## EXERCISE OBJECTIVE
Below is a listing; restate from it, character for character, the lines beginning at the line holding "nothing of contents." and ending at the line holding "use std::rt::Files;", both included.
---
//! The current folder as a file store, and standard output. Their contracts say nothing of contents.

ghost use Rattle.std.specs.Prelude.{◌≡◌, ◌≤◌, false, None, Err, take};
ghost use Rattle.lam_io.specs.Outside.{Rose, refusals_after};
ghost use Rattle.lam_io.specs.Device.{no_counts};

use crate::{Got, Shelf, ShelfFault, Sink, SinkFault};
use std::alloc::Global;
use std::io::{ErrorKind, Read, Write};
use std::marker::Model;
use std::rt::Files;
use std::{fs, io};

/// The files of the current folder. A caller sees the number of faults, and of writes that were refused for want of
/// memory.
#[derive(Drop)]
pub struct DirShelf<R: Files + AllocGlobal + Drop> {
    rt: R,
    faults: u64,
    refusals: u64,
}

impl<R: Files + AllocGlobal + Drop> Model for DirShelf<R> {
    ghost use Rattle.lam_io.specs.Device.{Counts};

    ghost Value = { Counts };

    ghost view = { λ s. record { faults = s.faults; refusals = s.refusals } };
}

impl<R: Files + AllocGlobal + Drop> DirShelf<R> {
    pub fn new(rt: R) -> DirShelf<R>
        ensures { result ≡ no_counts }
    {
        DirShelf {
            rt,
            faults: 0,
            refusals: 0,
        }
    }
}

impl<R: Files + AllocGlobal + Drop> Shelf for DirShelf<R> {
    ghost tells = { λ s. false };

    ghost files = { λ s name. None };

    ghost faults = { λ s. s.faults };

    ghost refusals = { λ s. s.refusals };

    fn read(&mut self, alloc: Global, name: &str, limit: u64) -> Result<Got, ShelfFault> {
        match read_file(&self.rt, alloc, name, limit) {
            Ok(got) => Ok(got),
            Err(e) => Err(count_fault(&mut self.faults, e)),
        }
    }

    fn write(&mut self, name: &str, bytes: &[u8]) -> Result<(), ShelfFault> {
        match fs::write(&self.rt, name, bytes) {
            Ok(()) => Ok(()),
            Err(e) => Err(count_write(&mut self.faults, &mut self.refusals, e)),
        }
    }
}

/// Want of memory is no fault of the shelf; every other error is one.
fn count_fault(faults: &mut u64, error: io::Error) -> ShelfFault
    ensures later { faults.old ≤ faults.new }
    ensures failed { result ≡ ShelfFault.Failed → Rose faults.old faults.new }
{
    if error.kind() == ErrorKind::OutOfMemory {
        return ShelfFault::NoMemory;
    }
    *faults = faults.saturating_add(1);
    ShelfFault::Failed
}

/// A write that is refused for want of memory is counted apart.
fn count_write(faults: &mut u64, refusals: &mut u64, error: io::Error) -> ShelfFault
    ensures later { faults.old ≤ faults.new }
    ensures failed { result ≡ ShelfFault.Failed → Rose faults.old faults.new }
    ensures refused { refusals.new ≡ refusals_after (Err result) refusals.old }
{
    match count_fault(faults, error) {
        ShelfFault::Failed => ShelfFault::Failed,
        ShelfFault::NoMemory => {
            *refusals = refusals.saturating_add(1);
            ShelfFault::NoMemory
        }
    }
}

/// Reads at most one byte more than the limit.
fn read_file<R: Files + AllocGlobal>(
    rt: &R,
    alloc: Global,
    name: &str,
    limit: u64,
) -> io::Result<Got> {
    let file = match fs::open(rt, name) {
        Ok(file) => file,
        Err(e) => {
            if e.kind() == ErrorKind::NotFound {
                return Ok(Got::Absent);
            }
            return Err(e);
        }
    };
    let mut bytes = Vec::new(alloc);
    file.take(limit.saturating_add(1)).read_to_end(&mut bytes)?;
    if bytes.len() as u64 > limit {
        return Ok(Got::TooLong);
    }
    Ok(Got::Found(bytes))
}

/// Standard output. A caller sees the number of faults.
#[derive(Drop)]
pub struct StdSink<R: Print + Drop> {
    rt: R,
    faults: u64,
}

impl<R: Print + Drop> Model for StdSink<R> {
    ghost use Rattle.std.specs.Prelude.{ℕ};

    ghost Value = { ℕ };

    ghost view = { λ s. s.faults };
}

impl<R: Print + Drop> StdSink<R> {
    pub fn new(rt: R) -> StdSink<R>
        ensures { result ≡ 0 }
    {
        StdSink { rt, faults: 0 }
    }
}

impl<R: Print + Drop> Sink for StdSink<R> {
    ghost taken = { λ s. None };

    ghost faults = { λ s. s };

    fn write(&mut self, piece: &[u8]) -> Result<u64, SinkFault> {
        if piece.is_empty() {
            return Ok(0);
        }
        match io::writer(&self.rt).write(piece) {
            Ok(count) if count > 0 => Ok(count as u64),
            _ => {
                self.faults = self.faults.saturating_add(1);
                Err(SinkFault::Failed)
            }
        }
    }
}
---
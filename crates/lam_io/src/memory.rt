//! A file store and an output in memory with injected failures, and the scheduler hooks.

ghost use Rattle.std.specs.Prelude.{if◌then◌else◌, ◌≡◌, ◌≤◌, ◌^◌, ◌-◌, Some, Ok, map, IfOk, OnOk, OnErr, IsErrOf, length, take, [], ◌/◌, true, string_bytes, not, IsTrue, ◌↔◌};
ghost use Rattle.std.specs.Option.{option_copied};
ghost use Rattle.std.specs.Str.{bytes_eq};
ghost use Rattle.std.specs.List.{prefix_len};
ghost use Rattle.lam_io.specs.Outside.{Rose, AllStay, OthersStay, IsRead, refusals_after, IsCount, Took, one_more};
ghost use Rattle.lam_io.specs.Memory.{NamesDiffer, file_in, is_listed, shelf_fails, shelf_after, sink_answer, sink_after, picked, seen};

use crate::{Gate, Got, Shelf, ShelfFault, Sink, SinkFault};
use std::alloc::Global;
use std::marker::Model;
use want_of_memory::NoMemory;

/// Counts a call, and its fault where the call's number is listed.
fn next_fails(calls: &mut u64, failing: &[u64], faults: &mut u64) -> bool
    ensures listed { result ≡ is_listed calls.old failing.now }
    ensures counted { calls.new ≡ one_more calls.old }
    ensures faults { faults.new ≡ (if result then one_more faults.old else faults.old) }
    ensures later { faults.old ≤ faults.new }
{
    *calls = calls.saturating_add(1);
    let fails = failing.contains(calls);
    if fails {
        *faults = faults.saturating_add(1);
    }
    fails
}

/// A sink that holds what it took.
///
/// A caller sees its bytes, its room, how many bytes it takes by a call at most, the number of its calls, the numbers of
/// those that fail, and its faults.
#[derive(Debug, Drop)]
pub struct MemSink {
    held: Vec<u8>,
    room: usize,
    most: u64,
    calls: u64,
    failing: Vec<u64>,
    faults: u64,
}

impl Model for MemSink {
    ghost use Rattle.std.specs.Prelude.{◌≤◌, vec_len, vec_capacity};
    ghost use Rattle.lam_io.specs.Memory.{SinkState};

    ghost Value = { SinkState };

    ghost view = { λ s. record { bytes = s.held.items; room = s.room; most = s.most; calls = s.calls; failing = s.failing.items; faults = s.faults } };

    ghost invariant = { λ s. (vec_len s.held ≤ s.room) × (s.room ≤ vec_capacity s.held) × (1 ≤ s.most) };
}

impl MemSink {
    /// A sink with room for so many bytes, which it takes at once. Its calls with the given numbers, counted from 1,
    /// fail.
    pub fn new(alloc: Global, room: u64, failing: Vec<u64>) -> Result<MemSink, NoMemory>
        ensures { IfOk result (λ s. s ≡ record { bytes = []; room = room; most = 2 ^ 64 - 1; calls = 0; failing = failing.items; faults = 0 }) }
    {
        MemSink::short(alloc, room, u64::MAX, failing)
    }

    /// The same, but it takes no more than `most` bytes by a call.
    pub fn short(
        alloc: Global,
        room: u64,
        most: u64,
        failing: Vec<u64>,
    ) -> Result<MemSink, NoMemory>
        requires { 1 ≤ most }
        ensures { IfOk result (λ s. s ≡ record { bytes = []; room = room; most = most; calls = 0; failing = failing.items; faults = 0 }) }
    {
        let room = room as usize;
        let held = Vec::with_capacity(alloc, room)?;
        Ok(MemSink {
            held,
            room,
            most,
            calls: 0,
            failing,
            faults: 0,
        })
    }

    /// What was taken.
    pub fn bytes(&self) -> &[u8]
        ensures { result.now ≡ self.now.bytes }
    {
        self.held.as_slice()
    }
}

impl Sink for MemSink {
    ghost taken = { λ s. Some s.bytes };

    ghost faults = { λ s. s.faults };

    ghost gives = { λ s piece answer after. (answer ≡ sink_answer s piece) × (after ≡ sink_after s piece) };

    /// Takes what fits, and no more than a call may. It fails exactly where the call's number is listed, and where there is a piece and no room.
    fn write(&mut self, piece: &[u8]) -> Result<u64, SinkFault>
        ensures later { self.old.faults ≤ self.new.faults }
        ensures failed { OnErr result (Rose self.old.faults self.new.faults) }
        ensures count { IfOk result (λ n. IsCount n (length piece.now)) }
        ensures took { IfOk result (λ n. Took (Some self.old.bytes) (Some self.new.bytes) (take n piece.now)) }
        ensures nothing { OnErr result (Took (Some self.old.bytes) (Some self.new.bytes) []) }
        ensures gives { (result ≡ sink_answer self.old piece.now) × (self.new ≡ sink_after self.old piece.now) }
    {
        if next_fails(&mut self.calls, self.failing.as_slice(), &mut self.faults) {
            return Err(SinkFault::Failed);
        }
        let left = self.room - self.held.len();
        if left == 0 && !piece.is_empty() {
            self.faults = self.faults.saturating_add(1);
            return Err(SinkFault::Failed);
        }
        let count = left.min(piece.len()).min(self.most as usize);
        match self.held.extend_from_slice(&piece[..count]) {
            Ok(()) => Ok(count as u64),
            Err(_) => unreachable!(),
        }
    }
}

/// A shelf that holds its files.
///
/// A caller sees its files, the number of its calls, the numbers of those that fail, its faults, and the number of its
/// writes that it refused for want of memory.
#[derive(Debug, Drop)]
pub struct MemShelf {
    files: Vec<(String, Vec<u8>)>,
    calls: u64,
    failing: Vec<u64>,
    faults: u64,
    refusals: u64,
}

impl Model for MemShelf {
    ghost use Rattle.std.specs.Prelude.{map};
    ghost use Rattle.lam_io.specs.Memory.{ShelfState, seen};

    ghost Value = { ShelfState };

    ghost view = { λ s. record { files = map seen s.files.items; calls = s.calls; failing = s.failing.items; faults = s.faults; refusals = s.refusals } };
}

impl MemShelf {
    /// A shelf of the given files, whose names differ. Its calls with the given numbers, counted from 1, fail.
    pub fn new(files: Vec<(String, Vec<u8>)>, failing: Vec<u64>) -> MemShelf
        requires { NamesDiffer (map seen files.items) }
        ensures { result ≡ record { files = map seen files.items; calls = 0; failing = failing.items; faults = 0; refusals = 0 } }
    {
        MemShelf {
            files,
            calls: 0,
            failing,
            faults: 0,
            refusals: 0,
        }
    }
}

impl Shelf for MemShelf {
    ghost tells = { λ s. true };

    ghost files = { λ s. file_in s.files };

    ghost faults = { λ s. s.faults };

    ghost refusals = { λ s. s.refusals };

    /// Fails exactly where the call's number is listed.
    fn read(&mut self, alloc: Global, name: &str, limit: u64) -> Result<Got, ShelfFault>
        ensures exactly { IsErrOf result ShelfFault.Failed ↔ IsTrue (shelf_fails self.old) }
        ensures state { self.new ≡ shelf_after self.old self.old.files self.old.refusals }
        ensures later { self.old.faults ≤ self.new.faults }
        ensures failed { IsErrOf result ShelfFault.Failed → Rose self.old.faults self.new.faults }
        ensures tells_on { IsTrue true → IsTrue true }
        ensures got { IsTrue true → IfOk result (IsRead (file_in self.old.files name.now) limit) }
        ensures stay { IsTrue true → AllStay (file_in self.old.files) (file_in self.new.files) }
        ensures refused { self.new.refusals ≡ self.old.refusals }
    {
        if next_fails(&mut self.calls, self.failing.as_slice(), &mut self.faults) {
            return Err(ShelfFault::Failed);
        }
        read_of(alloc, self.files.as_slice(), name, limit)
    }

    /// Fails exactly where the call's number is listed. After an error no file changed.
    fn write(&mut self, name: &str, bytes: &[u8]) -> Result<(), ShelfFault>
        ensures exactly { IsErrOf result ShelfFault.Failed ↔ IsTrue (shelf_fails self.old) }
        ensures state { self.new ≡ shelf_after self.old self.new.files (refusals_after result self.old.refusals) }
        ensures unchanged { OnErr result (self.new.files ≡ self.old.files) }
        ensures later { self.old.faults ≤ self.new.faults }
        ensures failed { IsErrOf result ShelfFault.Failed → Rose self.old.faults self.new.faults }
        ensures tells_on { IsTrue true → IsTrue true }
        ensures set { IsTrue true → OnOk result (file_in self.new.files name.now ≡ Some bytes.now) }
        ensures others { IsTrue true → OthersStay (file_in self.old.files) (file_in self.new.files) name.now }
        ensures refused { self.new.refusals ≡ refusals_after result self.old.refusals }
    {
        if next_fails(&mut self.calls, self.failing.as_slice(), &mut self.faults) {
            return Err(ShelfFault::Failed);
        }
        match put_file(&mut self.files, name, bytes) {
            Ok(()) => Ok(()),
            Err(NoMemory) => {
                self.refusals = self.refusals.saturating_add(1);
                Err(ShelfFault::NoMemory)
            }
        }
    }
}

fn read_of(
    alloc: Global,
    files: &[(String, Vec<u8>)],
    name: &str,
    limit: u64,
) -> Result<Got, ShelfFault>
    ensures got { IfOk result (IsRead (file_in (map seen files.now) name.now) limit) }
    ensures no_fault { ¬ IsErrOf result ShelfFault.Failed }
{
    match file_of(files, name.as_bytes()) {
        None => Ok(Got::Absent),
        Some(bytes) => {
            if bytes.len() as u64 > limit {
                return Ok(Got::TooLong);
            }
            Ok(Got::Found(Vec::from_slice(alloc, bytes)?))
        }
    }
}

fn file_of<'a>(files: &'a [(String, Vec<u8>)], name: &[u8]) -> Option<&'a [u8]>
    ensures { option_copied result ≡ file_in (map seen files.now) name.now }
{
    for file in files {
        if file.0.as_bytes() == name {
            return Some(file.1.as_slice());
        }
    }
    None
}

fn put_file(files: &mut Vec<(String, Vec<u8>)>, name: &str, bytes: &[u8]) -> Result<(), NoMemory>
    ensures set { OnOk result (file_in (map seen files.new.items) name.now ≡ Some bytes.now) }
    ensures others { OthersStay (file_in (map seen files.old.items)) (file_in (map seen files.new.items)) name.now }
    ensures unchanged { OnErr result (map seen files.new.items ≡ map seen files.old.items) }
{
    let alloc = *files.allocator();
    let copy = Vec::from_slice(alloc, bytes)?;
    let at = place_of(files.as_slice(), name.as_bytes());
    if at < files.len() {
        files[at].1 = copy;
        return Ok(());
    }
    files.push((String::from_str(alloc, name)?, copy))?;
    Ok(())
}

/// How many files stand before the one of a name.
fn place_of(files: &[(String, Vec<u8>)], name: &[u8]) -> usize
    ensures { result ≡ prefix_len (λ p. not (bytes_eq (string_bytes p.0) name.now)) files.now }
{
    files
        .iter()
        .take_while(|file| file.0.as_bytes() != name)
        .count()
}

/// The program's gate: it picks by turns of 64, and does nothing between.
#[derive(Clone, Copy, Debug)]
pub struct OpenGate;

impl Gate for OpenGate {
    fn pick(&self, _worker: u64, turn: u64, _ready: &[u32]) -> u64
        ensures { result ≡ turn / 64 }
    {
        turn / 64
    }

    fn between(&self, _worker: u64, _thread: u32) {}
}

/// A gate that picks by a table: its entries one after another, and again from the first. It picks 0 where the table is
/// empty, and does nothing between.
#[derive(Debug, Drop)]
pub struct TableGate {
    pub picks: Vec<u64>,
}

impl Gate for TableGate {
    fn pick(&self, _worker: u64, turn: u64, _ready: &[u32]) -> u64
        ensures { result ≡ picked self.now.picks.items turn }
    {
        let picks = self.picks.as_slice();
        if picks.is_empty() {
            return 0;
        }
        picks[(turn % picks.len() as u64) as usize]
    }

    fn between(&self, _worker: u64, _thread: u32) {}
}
---
## EXERCISE ANSWER
//! The current folder as a file store, and standard output. Their contracts say nothing of contents.

ghost use Rattle.std.specs.Prelude.{◌≡◌, ◌≤◌, false, None, Err, take};
ghost use Rattle.lam_io.specs.Outside.{Rose, refusals_after};
ghost use Rattle.lam_io.specs.Device.{no_counts};

use crate::{Got, Shelf, ShelfFault, Sink, SinkFault};
use std::alloc::Global;
use std::io::{ErrorKind, Read, Write};
use std::marker::Model;
use std::rt::Files;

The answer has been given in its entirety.